United States District Court, E.D. Wisconsin

November 13, 2017

WYNDHAM GARY, Plaintiff,



         This is a case about sewer service. Plaintiff, Wyndham Gary (“Gary”), was a defendant in a state-court collection action. He claims that he was never properly served with process. Defendants allegedly made false statements to the contrary in that proceeding. Those false statements nearly allowed the plaintiff to obtain a default judgment against Gary. He has now filed this action against Gurstel Law Firm, P.C. (“Gurstel”), the law firm that represented the plaintiff, and Badger Process Services, Inc. (“Badger”), the company that Gurstel hired to effect service. Gary claims that Defendants' conduct violated the Fair Debt Collection Practices Act (“FDCPA”), 15 U.S.C. § 1692 et seq., and his constitutional due-process rights as protected in 42 U.S.C. § 1983. Defendants have moved to dismiss and, for the reasons stated below, the motion will be granted in part and denied in part.

         1. LEGAL STANDARD

         Federal Rule of Civil Procedure 12(b)(6) provides for dismissal of complaints which fail to state a viable claim for relief. Fed.R.Civ.P. 12(b)(6). To state a claim, a complaint must provide “a short and plain statement of the claim showing that the pleader is entitled to relief.” Fed.R.Civ.P. 8(a)(2). In other words, the complaint must give “fair notice of what the. . .claim is and the grounds upon which it rests.” Bell Atl. Corp. v. Twombly, 550 U.S. 544, 555 (2007). The allegations must “plausibly suggest that the plaintiff has a right to relief, raising that possibility above a speculative level[.]” Kubiak v. City of Chicago, 810 F.3d 476, 480 (7th Cir. 2016) (citation omitted). In reviewing the complaint, the Court is required to “accept as true all of the well-pleaded facts in the complaint and draw all reasonable inferences in favor of the plaintiff.” Id. at 480-81.

         When considering a motion to dismiss under Rule 12(b)(6), the court is generally limited to the allegations within the four corners of the complaint. To rely upon extrinsic materials, the court would normally be required to convert the motion to dismiss into one for summary judgment. See Fed. R. Civ. P. 12(d). Nevertheless, a court can consider other documents if they are referred to in the pleadings and central to the case. See Fed. R. Civ. P. 10(c); Hecker v. Deere & Co., 556 F.3d 575, 582 (7th Cir. 2009).

         2. RELEVANT FACTS

         Gary incurred a debt with American Express Bank FSB. He defaulted on the debt, and so a lawsuit was instituted against him in Milwaukee County Circuit Court.
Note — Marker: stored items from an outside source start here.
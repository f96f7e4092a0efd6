// A page into a lent table of rows, and the seam check.
ghost use Rattle.std.specs.Prelude.{◌≡◌, length, None};
ghost use Rattle.record.specs.Record.{plausible};
ghost use Rattle.paging.specs.Page.{page_at, told_page};
ghost use Rattle.seam.specs.Seam.{seam_at, told_seam};
ghost use Rattle.capi_pages.specs.Pages.{page_told, Paged, seam_told};

use layout::{Refusal, Trace};
use paging::{Page, PageError};
use rows::Row;
use seam::{Seam, SeamError};

// The refusal's number or 0, where the page started, how many rows it wrote, whether a next place is named, and that place.
#[repr(C)]
#[derive(Clone, Copy)]
pub struct PageAnswer {
    pub refusal: u32,
    pub start: usize,
    pub size: usize,
    pub is_more: bool,
    pub next: usize,
}

// The refusal's number or 0, whether the records are unbroken, the first offset without a valid record where they are broken, and
// the number of records.
#[repr(C)]
#[derive(Clone, Copy)]
pub struct SeamAnswer {
    pub refusal: u32,
    pub is_unbroken: bool,
    pub place: usize,
    pub records: usize,
}

impl From<Result<Page, PageError>> for PageAnswer {
    ghost from_gives = { λ page answer. page_told answer ≡ told_page page };

    fn from(page: Result<Page, PageError>) -> Self {
        match page {
            Ok(page) => PageAnswer {
                refusal: 0,
                start: page.start,
                size: page.size,
                is_more: page.next.is_some(),
                next: page.next.unwrap_or(0),
            },
            Err(refusal) => PageAnswer {
                refusal: refusal.number(),
                start: 0,
                size: 0,
                is_more: false,
                next: 0,
            },
        }
    }
}

impl From<Result<Seam, SeamError>> for SeamAnswer {
    ghost from_gives = { λ seam answer. seam_told answer ≡ told_seam seam };

    fn from(seam: Result<Seam, SeamError>) -> Self {
        let (refusal, is_unbroken, place, records) = match seam {
            Ok(Seam::Unbroken { records }) => (0, true, 0, records),
            Ok(Seam::Broken { place, records }) => (0, false, place, records),
            Err(refusal) => (refusal.number(), false, 0, 0),
        };
        SeamAnswer {
            refusal,
            is_unbroken,
            place,
            records,
        }
    }
}

// A page from any offset, into a lent table of rows.
#[unsafe(no_mangle)]
pub extern "C" fn zlf_page(
    kinds: &[u8; 256],
    trace: &[u8],
    offset: usize,
    count: usize,
    table: &mut [Row],
) -> PageAnswer
    ensures { Paged (page_at plausible kinds.now trace.now None offset count (length table.old)) result table.old table.new }
{
    let trace = Trace {
        kinds,
        bytes: trace,
    };
    cursor::frames_at(trace, offset, count, table).into()
}

// Whether valid records follow one another from a place to the trace's end, and how many.
#[unsafe(no_mangle)]
pub extern "C" fn zlf_seam(kinds: &[u8; 256], trace: &[u8], place: usize) -> SeamAnswer
    ensures { seam_told result ≡ seam_at plausible kinds.now trace.now place }
{
    let trace = Trace {
        kinds,
        bytes: trace,
    };
    seam::seam_check(trace, place).into()
}
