// The C interface, of pages: exported functions over the crates. Each answers what the function under it answers, as a flat struct of
// numbers that is returned by value, so a caller lends nothing but the bytes and a table of rows. include/zlf.h says the same in C.
#![tactic(auto)]

pub mod pages; // a page into a lent table of rows, and the seam check
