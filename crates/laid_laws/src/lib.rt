//! The law of the layout of the modes that a text writes: their scalars have places, and they aren't too many.
//!
//! It stands on `constant_operators`, whose evaluation keeps what is known of modes. The function here has no body, and its
//! contract is the law. No crate needs it to run.
#![tactic(auto)]

mod laws;

pub use laws::found_modes_law;
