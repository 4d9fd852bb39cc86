// What holds of every mode that a text writes.
ghost use Rattle.laid_laws.specs.Laws.{AreAllLaid, IsNoneLarge};

/// No place in a mode that a text writes is impossible, no two fields in it share a bit, and it has no more scalars than a
/// mode may have.
#[tactic(auto, using(crate::proofs::FoundModes::all_laid, crate::proofs::FoundModes::none_large))]
pub fn found_modes_law()
    ensures laid { AreAllLaid }
    ensures few { IsNoneLarge }
{}
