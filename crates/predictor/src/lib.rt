// Clause 6.3: from the averaged autocorrelations of four frames before to the filter that whitens them.
#![tactic(auto)]

ghost use Rattle.std.specs.Prelude.{◌++◌, ◌≡◌, ◌-◌, ◌<◌, ◌≤◌, min, pos};
ghost use Rattle.operations.specs.Operations as op;
ghost use Rattle.rows.specs.Rows.{row};
ghost use Rattle.predictor.specs.Schur as schur;
ghost use Rattle.predictor.specs.StepUp as step;
ghost use Rattle.predictor.specs.Filter as filter;

use operations::{abs, add, div, l_add, l_mult, l_shl, l_shr, mult_r, norm, sub, topped};
use rows::lagged;

// The autocorrelation of the predictor, and its scaling.
#[derive(Clone, Copy)]
pub struct Filter {
    pub rav1: [i16; 9],
    pub normrav1: i16,
}

// ---- 6.3.1

// Whether the recursion is left.
fn leaves(p0: i16, p1: i16) -> bool
    ensures { result ≡ schur.leaves_of p0 p1 }
{
    p0 < abs(p1)
}

// A reflection coefficient.
fn coefficient(p0: i16, p1: i16) -> i16
    ensures { result ≡ schur.coefficient_of p0 p1 }
{
    let q = div(abs(p1), p0);
    if p1 > 0 { sub(0, q) } else { q }
}

// One update of the recursion.
fn turned(x: i16, y: i16, c: i16) -> i16
    ensures { result ≡ schur.turned_of x y c }
{
    add(x, mult_r(y, c))
}

// The Schur recursion of an order up to 8. K is kept backwards, `k[m]` for the clause's K[9-m], so that its start is sacf, as that of P is.
// The loops count, since a turn reads P one place further on than it stores, and they are left by a label where the clause exits.
fn recursion(order: usize, sacf: [i16; 9]) -> [i16; 9]
    requires { order ≤ 8 }
    ensures { result ≡ schur.schur_of order sacf }
{
    let mut k = sacf;
    let mut p = sacf;
    let mut v = [0i16; 9];
    'outer: for n in 1..(order + 1) {
        let a = p[0];
        let b = p[1];
        if leaves(a, b) {
            break 'outer;
        }
        let c = coefficient(a, b);
        v[n] = c;
        if n == order {
            break 'outer;
        }
        p[0] = turned(a, b, c);
        for m in 1..(order + 1 - n) {
            let x = p[m + 1];
            let y = k[m];
            p[m] = turned(x, y, c);
            k[m] = turned(y, x, c);
        }
    }
    v
}

// The averages in 16 bits.
fn sacf(av1: [i32; 9]) -> [i16; 9]
    ensures { result ≡ row 9 (schur.sacf_of av1) }
{
    let temp = norm(av1[0]);
    av1.map(|x| topped(x, temp))
}

// The reflection coefficients of an order, which is at most 8: a greater one is taken as 8.
pub fn reflection(order: usize, acf: [i32; 9]) -> [i16; 9]
    ensures { result ≡ schur.reflection_of (min order 8) acf }
{
    if acf[0] == 0 {
        return [0i16; 9];
    }
    recursion(order.min(8), sacf(acf))
}

// The reflection coefficients of the averages, by a call of its own of the recursion, for speed: the compiler then knows the order in each.
pub fn vpar(av1: [i32; 9]) -> [i16; 9]
    ensures { result ≡ schur.vpar_of av1 }
{
    if av1[0] == 0 {
        return [0i16; 9];
    }
    recursion(8, sacf(av1))
}

// ---- 6.3.2

// Where L_coef[0] stands in the row of 17 that holds L_coef. The eight entries below it are 0, so that one formula gives each entry of an order:
// for L_coef[m] it is the clause's shift, and above that it is 0. The compiler works on four entries at once in such a loop.
const FIRST: usize = 8;

// One coefficient, one order up, from itself and the one that mirrors it.
fn lifted(coef: i32, mirror: i32, v: i16) -> i32
    ensures { result ≡ op.l_add coef (op.l_mult v (op.◌>>◌ mirror (pos 16))) }
{
    let temp = l_shr(mirror, 16) as i16;
    l_add(coef, l_mult(v, temp))
}

// The coefficients after the order m, from those after the order before. From the entry n on they are 0 and stay. The loop counts, since an
// entry is made from itself and from the one that mirrors it.
fn raised(coef: [i32; 17], vpar: [i16; 9], m: usize, n: usize) -> [i32; 17]
    requires { (1 ≤ m) × (m < n) × (n ≤ 9) × (coef ≡ row 8 (λ i. pos 0) ++ step.l_coef_of vpar (m - 1)) }
    ensures { result ≡ row 8 (λ i. pos 0) ++ step.l_coef_of vpar m }
{
    let mut out = coef;
    for i in 1..n {
        out[FIRST + i] = lifted(coef[FIRST + i], coef[FIRST + m - i], vpar[m]);
    }
    out
}

// The coefficients after the order 8. For speed, the first four orders are made without the entries from 5 on, which are 0.
fn coefficients(vpar: [i16; 9]) -> [i32; 17]
    ensures { result ≡ row 8 (λ i. pos 0) ++ step.l_coef_of vpar 8 }
{
    let mut coef = [0i32; 17];
    coef[FIRST] = l_shl(16384, 15);
    for m in 1..=4 {
        coef = raised(coef, vpar, m, 5);
    }
    for m in 5..=8 {
        coef = raised(coef, vpar, m, 9);
    }
    coef
}

// A coefficient in 13 bits.
fn narrowed(coef: i32) -> i16
    ensures { result ≡ op.◌>>◌ coef (pos 19) }
{
    l_shr(coef, 19) as i16
}

// The predictor in 13 bits.
pub fn aav1(vpar: [i16; 9]) -> [i16; 9]
    ensures { result ≡ row 9 (step.aav1_of vpar) }
{
    let coef = coefficients(vpar);
    std::array::from_fn(|i| narrowed(coef[FIRST + i]))
}

// ---- 6.3.3

// The autocorrelation of the predictor, normalised by its first entry.
pub fn whitened(aav1: [i16; 9]) -> Filter
    ensures { result ≡ filter.whitened_of aav1 }
{
    let work = lagged(aav1);
    let normrav1 = norm(work[0]);
    let rav1 = work.map(|x| topped(x, normrav1));
    Filter { rav1, normrav1 }
}

// The filter that whitens the averages.
pub fn predicted(av1: [i32; 9]) -> Filter
    ensures { result ≡ filter.predicted_of av1 }
{
    whitened(aav1(vpar(av1)))
}
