//! Laws of compile files and listings, for libraries that runs have made.
ghost use Rattle.std.specs.Prelude.{◌≡◌, ℕ, ◌++◌, ◌*◌, ◌==◌, ◌||◌, length, IsTrue, List, Ok};
ghost use Rattle.std.specs.List.{AllByRecursion, Contains, flat_map};
ghost use Rattle.upd_text.specs.Names.{yank_name};
ghost use Rattle.upd_core.specs.Actives.{without_past};
ghost use Rattle.upd_core.specs.Library.{CardView, LibraryView};
ghost use Rattle.upd_core.specs.Sound.{IsSound, all_cards};
ghost use Rattle.upd_core.specs.Status.{live_targets};
ghost use Rattle.upd_deck.specs.Reading.{is_allowed};
ghost use Rattle.upd_compile.specs.declared.mode.Mode.{Mode};
ghost use Rattle.upd_compile.specs.File.{FileView, card_line, compile_file_of};
ghost use Rattle.upd_compile.specs.Listings.{deck_heading, deck_listing};
ghost use Rattle.upd_laws.specs.ReadRuns.{HasLineTexts};
ghost use Rattle.upd_laws.specs.YankLines.{yank_line};

/// Each line of a compile file has 97 bytes, where names and cards are those of runs.
pub fn compile_lines_have_97_bytes()
    ensures line { (l : LibraryView) (c : CardView) → HasLineTexts l → Contains (all_cards l) c
        → length (card_line l.idents (without_past c)) ≡ 97 }
    ensures file { (mode : Mode) (named : List ℕ) (before after : LibraryView) (file : FileView) → HasLineTexts after
        → compile_file_of mode named before after ≡ Ok file → length file.bytes ≡ 97 * file.lines }
{}

/// A compile file has only bytes that lines may have, and LF at the line ends, where names and cards are those of runs.
pub fn compile_files_have_bytes_of_lines()
    ensures { (mode : Mode) (named : List ℕ) (before after : LibraryView) (file : FileView) → HasLineTexts after
        → compile_file_of mode named before after ≡ Ok file
        → AllByRecursion (λ b. IsTrue (is_allowed b || (b == 10))) file.bytes }
{}

/// The two listings of yank cards agree: the listing of `YANK$$$` shows `A` exactly where that of the yanks says live.
pub fn yank_listings_agree()
    ensures { (l : LibraryView) → IsSound l → deck_listing yank_name l
        ≡ Ok (deck_heading l.idents 0 ++ flat_map (yank_line l.idents (live_targets l)) l.yanks) }
{}
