//! Purging back undoes all that runs without purges did.
ghost use Rattle.std.specs.Prelude.{◌≡◌, List, length};
ghost use Rattle.upd_text.specs.declared.card_ref.CardRef.{CardRef};
ghost use Rattle.upd_core.specs.Edits.{next_age, purged_back};
ghost use Rattle.upd_core.specs.Library.{LibraryView};
ghost use Rattle.upd_core.specs.Sound.{IsSound};
ghost use Rattle.upd_core.specs.Status.{status_of};
ghost use Rattle.upd_deck.specs.Items.{LineView};
ghost use Rattle.upd_laws.specs.PurgingBack.{IsAgain, IsGrown, LeadWithoutPurge};

/// Runs without purges only add: all cards stay, in order and with their histories, and everything new is of the idents
/// that the runs introduce.
pub fn runs_only_add()
    ensures { (runs : List (List LineView)) (before after : LibraryView) → LeadWithoutPurge runs before after
        → IsGrown before after }
{}

/// Runs without purges that introduce no ident change nothing.
pub fn runs_without_idents_change_nothing()
    ensures { (runs : List (List LineView)) (before after : LibraryView) → LeadWithoutPurge runs before after
        → length after.idents ≡ length before.idents
        → after ≡ before }
{}

/// A purge of the first ident that such runs introduce, and of all younger ones, restores the library and the status of
/// each card.
pub fn purging_back_undoes_runs()
    ensures again { (runs : List (List LineView)) (before after : LibraryView) → IsSound before
        → LeadWithoutPurge runs before after
        → IsAgain before (purged_back (next_age before) after) }
    ensures statuses { (runs : List (List LineView)) (before after : LibraryView) → IsSound before
        → LeadWithoutPurge runs before after
        → (card : CardRef) → status_of card (purged_back (next_age before) after) ≡ status_of card before }
{}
Gurstel represented the bank, and Badger was retained by Gurstel to serve the summons on Gary.

         Gary claims that service was never made. (Docket #24-3 ¶ 6). He alleges that Badger's employee, Timothy Pinney (“Pinney”), provided a false affidavit of service. In the affidavit, Pinney stated that on April 26, 2017, he effected substitute service of the summons on “John Doe (refused to give name), ” identified as Gary's “co-resident, ” at Gary's apartment. (Docket #24-1 at 2). Pinney averred that when he served John Doe, he “informed said person of the contents [of the summons], in compliance with state statutes.” Id. The affidavit further reflects that Pinney made three prior, unsuccessful attempts at service on Gary personally during the six-day period leading to April 26. Id.

         Gary alleges that he was in Houston, Texas on business from April 23-27, 2017. (Docket #22 ¶ 22); (Docket #24-3 ¶ 3). He explains that the “John Doe” mentioned by Pinney was his roommate, Dan Hansher (“Hansher”). (Docket #22 ¶ 21). According to Hansher, Pinney came to their door that night and asked for Gary. Id. ¶¶ 23-24. Hansher stated that Gary was out of town and shut the door. Id. ¶ 25. Later, Hansher found copies of “documents related to the case”-he did not say whether they were the summons and complaint-outside the door. Id. ¶ 26; see also (Docket #22 ¶¶ 19-26).

         Gurstel later sought a default judgment against Gary. To support the motion, Badger (through Pinney) prepared the false affidavit of service, and Gurstel filed it with the court. Gary, who had heard of the case from Hansher, entered his appearance through counsel and opposed the motion. The court later denied the motion for default judgment.

         3. ANALYSIS

         Gary asserts two claims in this case. First, he contends that Defendants' actions in preparing and relying upon a false affidavit of service in the collection action constituted false and misleading statements made in connection with the collection of a debt, in violation of the FDCPA, 15 U.S.C. § 1692e. Second, Gary argues that Defendants' reliance upon improper service in the state court action denied him his due-process rights secured by the Fourteenth Amendment, in violation of 42 U.S.C. § 1983.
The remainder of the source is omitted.